The cheap plastic safety selector on my twenty-bore New Haven 600 (house-brand Mossberg 500) broke during a quail hunt when it only had a season and half of use. Fortunately, I had middle-school metal shop class in which to make a new one out of brass. The brass one has been going strong for nearly thirty years.
I had to remove the trigger group and the bolt/bolt carrier when I fixed mine. I removed the cartridge stop, cartridge interrupter, and elevator, too. The saftey slide button screw is affixed to an interrupter block on the inside of the receiver, and you need to be able to hold this in position while you position the safety selector slide so that the detent is oriented to the spring-loaded detent ball (that bearing thingy).
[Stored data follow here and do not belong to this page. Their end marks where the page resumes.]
/// Takes up to so many columns of space. (CommonMark 0.31.2, section 2.2)
#[unsafe(no_mangle)]
pub extern "C" fn mds_line_space(bytes: &[u8], start: &mut Start, count: usize) -> u32
    ensures refused { ¬ IsLineState (state_on bytes.now start.old)
        → (result ≡ bad_state) × (start.new ≡ start.old) }
    ensures answer { OfState bytes.now start.old (λ s.
        result ≡ found_status (space_within count s == count)) }
    ensures state { OfState bytes.now start.old (λ s.
        state_on bytes.now start.new ≡ after_space count s) }
    ensures next { OfState bytes.now start.old (λ s. IsNext bytes.now start.old start.new) }
    ensures kept { known_breaks start.new ≡ known_breaks start.old }
{
    if start.has_no_space(bytes) {
        return status_of(count == 0);
    }
    take_all_of(bytes, start, count)
}

// The same where some space may be. Not inlined, as the last thing that the call does: so the call
// itself saves no registers.
#[inline(never)]
fn take_all_of(bytes: &[u8], start: &mut Start, count: usize) -> u32
    ensures refused { ¬ IsLineState (state_on bytes.now start.old)
        → (result ≡ bad_state) × (start.new ≡ start.old) }
    ensures answer { OfState bytes.now start.old (λ s.
        result ≡ found_status (space_within count s == count)) }
    ensures state { OfState bytes.now start.old (λ s.
        state_on bytes.now start.new ≡ after_space count s) }
    ensures next { OfState bytes.now start.old (λ s. IsNext bytes.now start.old start.new) }
    ensures kept { known_breaks start.new ≡ known_breaks start.old }
{
    let Some(taken) = take_space(bytes, start, count) else {
        return BAD_STATE;
    };
    status_of(taken == count)
}

/// `struct mds_columns` of C: columns, where the status is `OK`.
#[repr(C)]
pub struct Columns {
    pub status: u32,
    pub columns: usize,
}

// No columns, with this status.
fn no_columns(status: u32) -> Columns
    ensures { result ≡ no_columns status }
{
    Columns { status, columns: 0 }
}

/// Takes up to so many columns of space, and says how many. (CommonMark 0.31.2, section 2.2)
#[unsafe(no_mangle)]
pub extern "C" fn mds_line_space_up_to(bytes: &[u8], start: &mut Start, count: usize) -> Columns
    ensures refused { ¬ IsLineState (state_on bytes.now start.old)
        → (result ≡ no_columns bad_state) × (start.new ≡ start.old) }
    ensures answer { OfState bytes.now start.old (λ s.
        result ≡ record { status = ok; columns = space_within count s }) }
    ensures state { OfState bytes.now start.old (λ s.
        state_on bytes.now start.new ≡ after_space count s) }
    ensures next { OfState bytes.now start.old (λ s. IsNext bytes.now start.old start.new) }
    ensures kept { known_breaks start.new ≡ known_breaks start.old }
{
    if start.has_no_space(bytes) {
        return no_columns(OK);
    }
    let Some(columns) = take_space(bytes, start, count) else {
        return no_columns(BAD_STATE);
    };
    Columns {
        status: OK,
        columns,
    }
}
It isn't a hard job to do, but you need the receiver pretty much stripped of all the other parts in order to have room to get your hand and fingers inside to hold the safety interrupter block in position while you line everything up and get the screw started and torqued enough to keep things from going "sproing", if you know what I mean.
The M-500 is a pretty simple gun to detail strip and it is equally easy to re-assmeble. This is one of the many things about it that I like. I've had mine down to the bare receiver many, many times during the thrity years I've owned the gun.
You're about to replace the only part of the Mossberg 500 that I really don't care for -the cheezy, chintzy, failure-prone, cheap plastic safety selector slide, and I think you'll find that it is much easier to do than it is to write about!